The number of abortions in the United States increased in the year before Roe v. Wade was overturned by the U.S. Supreme Court in 2022, according to figures released in a report from the U.S. Centers for Disease Control and Prevention (CDC).
A total of 622,108 abortions were reported to the CDC across 46 states in 2021, up from about 592,939 in 2020, the health agency said on Nov. 15 in an annual report. That’s about a 5 percent increase.
Figures show that the 2021 total is still 8 percent lower than the total number that was reported in 2012.
“From 2012 to 2021, abortion rates decreased among all age groups, except women aged 30–34 years,” the CDC stated.
The report found that there were significant racial disparities in the figures. Black women accounted for 41.5 percent of abortions, while white women had 30.2 percent, and Hispanic women 21.8 percent, the CDC said
According to the CDC, white women had the lowest abortion rate, at 6.4 abortions per 1,000 women, while black women had the highest rate, at 28.6 abortions per 1,000 women.
A vast majority of women who received an abortion weren’t married, the figures show.
“For 2021, among the 37 areas that reported by marital status, 12.7 percent of women who obtained an abortion were married, and 87.3 percent were unmarried,” the CDC report said. “The abortion ratio was 41 abortions per 1,000 live births for married women, and 404 abortions per 1,000 live births for unmarried women.”
The report found that most abortions in 2021 were carried out with medication, by using mifepristone and misoprostol; women in their 20s accounted for more than half of the abortions at 57 percent.
Multiple factors—such as access to services, contraception, availability of abortion providers, and legal restrictions on abortion providers and clinics—affect the rate of abortion, according to the CDC report.
It found that adolescents under the age of 15 and women aged 40 and older had the lowest abortion percentages, at 0.2 percent and 3.6 percent, respectively. The authors said that the percentage changes might suggest there is a continuing decrease in U.S. adolescent pregnancies.
“From 2012 to 2021, national birth data indicate that the birth rate for adolescents aged 15–19 years decreased 53 percent, and the data in this report indicate that the abortion rate for the same age group decreased 41 percent,” the CDC report said. “These findings highlight that decreases in adolescent births in the United States have been accompanied by large decreases in adolescent abortions.”
The data were collected by the CDC before the Supreme Court’s 6–3 decision to overturn Roe v. Wade in June 2022, which effectively returned the power to legislate on the issue back to the states. Since then, at least 15 states have banned abortion outright, and many others prohibit it after a certain length of pregnancy, according to the Guttmacher Institute, a pro-abortion research organization.
Notably, California, Maryland, and New Hampshire don’t report abortion data to the CDC. The report noted that in some other states, reporting is incomplete.
Births Increase in Other States
A recent analysis, meanwhile, found that states that had bans on abortions after the Supreme Court’s decision last year had an average fertility rate that was 2.3 percent higher than states without similar restrictions.“Our primary analysis indicates that in the first six months of 2023, births rose by an average of 2.3 percent in states enforcing total abortion bans compared to a control group of states where abortion rights remained protected, amounting to approximately 32,000 additional annual births resulting from abortion bans,” a report from the Institute of Labor Economics read.
The group said that its finding is based on provisional data from the CDC for the first six months of 2023.
Pro-life groups suggested they were pleased with the recent finding. Kristan Hawkins, the president of Students for Life of America, told The New York Times that with the finding, “it’s a triumph that pro-life policies result in lives saved.”
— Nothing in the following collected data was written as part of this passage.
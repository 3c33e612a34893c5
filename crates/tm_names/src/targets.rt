//! The names that statements assign.
ghost use Rattle.std.specs.Prelude.{◌≡◌, [], ◌∷◌, OnOk};
ghost use Rattle.tm_syntax.specs.Names.{walk_assignments, walk_imports, walk_set, walk_target, walk_targets, walk_use};
ghost use Rattle.tm_trees.specs.Trees.{targets};

use crate::walker::Walker;
use std::alloc::AllocError;
use tm_syntax::{Assignment, AssignmentTarget, CaptureUse, Expr, Imported};

impl Walker {
    /// Walks a target, whose names are assigned. AllocError if memory runs out.
    #[cycle(targets)]
    pub(crate) fn walk_target(
        &mut self,
        nested: bool,
        target: &AssignmentTarget,
    ) -> Result<(), AllocError>
        ensures { OnOk result (self.new ≡ walk_target nested target.now self.old) }
    {
        match target {
            AssignmentTarget::Name(name) => self.assign(name.share()?),
            AssignmentTarget::Unpack(parts) => self.walk_targets(nested, parts.as_slice()),
            AssignmentTarget::Attribute(object, _) => self.walk_expr(nested, object.get()),
        }
    }

    /// Walks targets. AllocError if memory runs out.
    #[cycle(targets)]
    fn walk_targets(&mut self, nested: bool, parts: &[AssignmentTarget]) -> Result<(), AllocError>
        ensures { OnOk result (self.new ≡ walk_targets nested (targets parts.now) self.old) }
    {
        for part in parts {
            self.walk_target(nested, part)?;
        }
        Ok(())
    }

    /// Walks a target and then its value. AllocError if memory runs out.
    pub(crate) fn walk_set(
        &mut self,
        nested: bool,
        target: &AssignmentTarget,
        value: &Expr,
    ) -> Result<(), AllocError>
        ensures { OnOk result (self.new ≡ walk_set nested target.now value.now self.old) }
    {
        self.walk_target(nested, target)?;
        self.walk_expr(nested, value)
    }

    /// Walks assignments, one after the other. AllocError if memory runs out.
    pub(crate) fn walk_assignments(
        &mut self,
        nested: bool,
        given: &[Assignment],
    ) -> Result<(), AllocError>
        ensures { OnOk result (self.new ≡ walk_assignments nested given.now self.old) }
    {
        for assignment in given {
            self.walk_set(nested, &assignment.target, assignment.value.get())?;
        }
        Ok(())
    }

    /// Walks imported names, whose targets are assigned. AllocError if memory runs out.
    pub(crate) fn walk_imports(&mut self, imports: &[Imported]) -> Result<(), AllocError>
        ensures { OnOk result (self.new ≡ walk_imports imports.now self.old) }
    {
        for imported in imports {
            self.assign(imported.target.share()?)?;
        }
        Ok(())
    }

    /// Walks the use of a capture's text. AllocError if memory runs out.
    pub(crate) fn walk_use(&mut self, nested: bool, becomes: &CaptureUse) -> Result<(), AllocError>
        ensures { OnOk result (self.new ≡ walk_use nested becomes.now self.old) }
    {
        match becomes {
            CaptureUse::Emit => Ok(()),
            CaptureUse::Assign(target) => self.walk_target(nested, target),
        }
    }
}
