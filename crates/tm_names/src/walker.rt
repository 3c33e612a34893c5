//! A walk over a tree. It records the names that are assigned in open scopes, and the names that
//! were found.
ghost use Rattle.std.specs.BTreeMap.{is_at};
ghost use Rattle.std.specs.BTreeSet.{insert_key, keys};
ghost use Rattle.std.specs.List.{list_any};
ghost use Rattle.std.specs.Prelude.{◌≡◌, [], ◌∷◌, OnOk, IfOk, map, reverse};
ghost use Rattle.std.specs.String.{string_bytes};
ghost use Rattle.tm_syntax.specs.Names.{assign, beginning, close_scope, is_among, is_assigned, open_scope};
ghost use Rattle.tm_syntax.specs.Names.{read, read_as};
ghost use Rattle.tm_syntax.specs.Named.{name_cmp};

use std::alloc::{AllocError, Global};
use std::collections::BTreeSet;
use std::marker::Model;
use tm_items::Items;
use tm_syntax::{Name, NameMap};

/// The open scopes, the innermost last, and the names found so far.
#[derive(Drop)]
pub(crate) struct Walker {
    alloc: Global,
    scopes: Items<NameMap<()>>,
    found: BTreeSet<String>,
}

impl Model for Walker {
    ghost use Rattle.std.specs.Prelude.{map, reverse};
    ghost use Rattle.std.specs.String.{string_bytes};
    ghost use Rattle.tm_syntax.specs.Names.{Walk};

    ghost Value = { Walk };

    ghost view = { λ a. record { assigned = reverse a.scopes; found = map string_bytes a.found.keys } };
}

impl Walker {
    /// A walk with one open scope, and nothing found yet. AllocError if memory runs out.
    pub(crate) fn new(alloc: Global) -> Result<Walker, AllocError>
        ensures { IfOk result (λ walker. walker ≡ beginning) }
    {
        let mut scopes = Items::new(alloc);
        scopes.push(NameMap::new(alloc))?;
        Ok(Walker {
            alloc,
            scopes,
            found: BTreeSet::new(alloc),
        })
    }

    /// The allocator.
    pub(crate) fn alloc(&self) -> Global {
        self.alloc
    }

    /// Whether an open scope has assigned a name.
    fn is_assigned(&self, name: &str) -> bool
        ensures { result ≡ is_assigned name.now self.now.assigned }
    {
        is_assigned_in(self.scopes.as_slice(), name)
    }

    /// Assigns a name in the innermost scope. AllocError if memory runs out.
    pub(crate) fn assign(&mut self, name: Name) -> Result<(), AllocError>
        ensures { OnOk result (self.new ≡ assign name self.old) }
    {
        let mut scope = match self.scopes.pop() {
            Some(scope) => scope,
            None => NameMap::new(self.alloc),
        };
        scope.insert(name, ())?;
        self.scopes.push(scope)
    }

    /// Whether a name was found.
    pub(crate) fn reads(&self, name: &str) -> bool
        ensures { result ≡ is_among name.now self.now.found }
    {
        self.has_found(name)
    }

    /// Whether a text was found.
    fn has_found(&self, text: &str) -> bool
        ensures { result ≡ list_any (is_at (name_cmp text.now)) self.now.found }
    {
        self.found.contains(text)
    }

    /// Adds a text to those that were found. AllocError if memory runs out.
    fn add_found(&mut self, text: &str) -> Result<(), AllocError>
        ensures { OnOk result
            (self.new ≡ record self.old { found = insert_key name_cmp self.old.found text.now }) }
    {
        let text = String::from_str(self.alloc, text)?;
        self.found.insert(text)?;
        Ok(())
    }

    /// Reads a name: adds `text` to the texts that were found, unless an open scope has assigned
    /// the name. AllocError if memory runs out.
    pub(crate) fn read_as(&mut self, name: &str, text: &str) -> Result<(), AllocError>
        ensures { OnOk result (self.new ≡ read_as name.now text.now self.old) }
    {
        if self.is_assigned(name) {
            return Ok(());
        }
        if self.has_found(text) {
            return Ok(());
        }
        self.add_found(text)
    }

    /// Reads a name. AllocError if memory runs out.
    pub(crate) fn read(&mut self, name: &str) -> Result<(), AllocError>
        ensures { OnOk result (self.new ≡ read name.now self.old) }
    {
        self.read_as(name, name)
    }

    /// Opens a scope. AllocError if memory runs out.
    pub(crate) fn open_scope(&mut self) -> Result<(), AllocError>
        ensures { OnOk result (self.new ≡ open_scope self.old) }
    {
        self.scopes.push(NameMap::new(self.alloc))
    }

    /// Closes the innermost scope.
    pub(crate) fn close_scope(&mut self)
        ensures { self.new ≡ close_scope self.old }
    {
        let _closed = self.scopes.pop();
    }

    /// The names that were found.
    pub(crate) fn into_found(self) -> BTreeSet<String>
        ensures { map string_bytes (keys result) ≡ self.found }
    {
        let Walker { found, .. } = self;
        found
    }
}

/// Whether one of these scopes has assigned a name. Searches from the last.
fn is_assigned_in(scopes: &[NameMap<()>], name: &str) -> bool
    ensures { result ≡ is_assigned name.now (reverse scopes.now) }
{
    let mut left = scopes.len();
    while left > 0 {
        left -= 1;
        if scopes[left].get(name).is_some() {
            return true;
        }
    }
    false
}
In 2022, when the Supreme Court overturned Roe v. Wade, Justice Samuel Alito wrote in the majority opinion that said the 1973 ruling was “egregiously wrong from the start.”
“Its reasoning was exceptionally weak, and the decision has had damaging consequences. And far from bringing about a national settlement of the abortion issue, Roe and Casey have enflamed debate and deepened division,” he wrote.
He was joined by Justices Clarence Thomas, Neil Gorsuch, Brett Kavanaugh, and Amy Coney Barrett. Justices Stephen Breyer, Sonia Sotomayor, and Elena Kegan dissented.